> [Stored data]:
..............................
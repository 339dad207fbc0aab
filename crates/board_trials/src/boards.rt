//! Boards that open and close.
ghost use Rattle.pc_model.specs.Cells.{IsNode};
ghost use Rattle.pc_rule.specs.Closed.{closed_size};

use pc_model::{Field, Loose, Memory};
use pc_rule::{Closed, Share, close_board, open_board, usual_starts};

#[test]
fn a_board_of_four_passes_opens_and_closes(rt: HostRuntime) -> Result<(), Memory> {
    let share = Share { slots: 1, calls: 0 };
    let shares = [share, share, share, share];
    let (board, passes) = open_board(rt.alloc(), Loose, &shares, usual_starts())?;
    let count = passes.len();
    let closed = close_board(board, passes);
    assert_eq!(rt; (count, closed.history().len()), (4, 0));
    Ok(())
}

// What stands in the fields of a node.
fn fields(closed: &Closed<Loose>, node: u32) -> [u64; 8]
    requires { IsNode (closed_size closed.now).slots node }
{
    [
        closed.cell(node, Field::Version),
        closed.cell(node, Field::Key),
        closed.cell(node, Field::Value),
        closed.cell(node, Field::Left),
        closed.cell(node, Field::Right),
        closed.cell(node, Field::Parent),
        closed.cell(node, Field::Height),
        closed.cell(node, Field::Spare),
    ]
}

#[test]
fn a_closed_board_has_the_cells_that_it_opened_with(rt: HostRuntime) -> Result<(), Memory> {
    let share = Share { slots: 1, calls: 0 };
    let shares = [share, share, share, share];
    let (board, passes) = open_board(rt.alloc(), Loose, &shares, usual_starts())?;
    let closed = close_board(board, passes);
    let found = [fields(&closed, 1), fields(&closed, 2)];
    let sentinel = [0, 4611686018427387903, 0, 0, 0, 0, 0, 0];
    assert_eq!(rt; found, [sentinel, [1, 0, 0, 0, 0, 0, 0, 0]]);
    Ok(())
}

#[test]
fn a_board_opens_and_closes_at_its_limits(rt: HostRuntime) -> Result<(), Memory> {
    let share = Share {
        slots: 1906,
        calls: 0,
    };
    let last = Share {
        slots: 1914,
        calls: 0,
    };
    let shares = [
        share, share, share, share, share, share, share, share, share, share, share, share, share,
        share, share, share, share, share, share, share, share, share, share, share, share, share,
        share, share, share, share, share, last,
    ];
    let (board, passes) = open_board(rt.alloc(), Loose, &shares, usual_starts())?;
    let count = passes.len();
    let closed = close_board(board, passes);
    assert_eq!(rt; (count, closed.history().len()), (32, 0));
    Ok(())
}

#[test]
fn a_pass_tells_its_share(rt: HostRuntime) -> Result<(), Memory> {
    let shares = [Share { slots: 3, calls: 5 }, Share { slots: 2, calls: 0 }];
    let (board, passes) = open_board(rt.alloc(), Loose, &shares, usual_starts())?;
    let mut told = [(0, 0, 0, 0); 2];
    for (i, pass) in passes.iter().enumerate() {
        told[i] = (
            pass.number(),
            pass.free(),
            pass.room(),
            pass.entries().len(),
        );
    }
    close_board(board, passes);
    assert_eq!(rt; told, [(1, 3, 5, 0), (2, 2, 0, 0)]);
    Ok(())
}

#[test]
fn a_pass_is_at_rest_and_has_done_nothing(rt: HostRuntime) -> Result<(), Memory> {
    let shares = [Share { slots: 1, calls: 1 }];
    let (board, passes) = open_board(rt.alloc(), Loose, &shares, usual_starts())?;
    let mut told = ([false, true, true], [1; 2], Some(0));
    for pass in passes.iter() {
        told = (
            [pass.at_rest(), pass.published(), pass.has_spare()],
            [pass.limbo(), pass.debts()],
            pass.owes_from(),
        );
    }
    close_board(board, passes);
    assert_eq!(rt; told, ([true, false, false], [0; 2], None));
    Ok(())
}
..............................
> [WHAT NEEDS TO BE DONE]:
The lines holding the word "Rattle" are the answer. Find them in the entries and copy them.

> [OUTPUT]:
ghost use Rattle.pc_model.specs.Cells.{IsNode};
ghost use Rattle.pc_rule.specs.Closed.{closed_size};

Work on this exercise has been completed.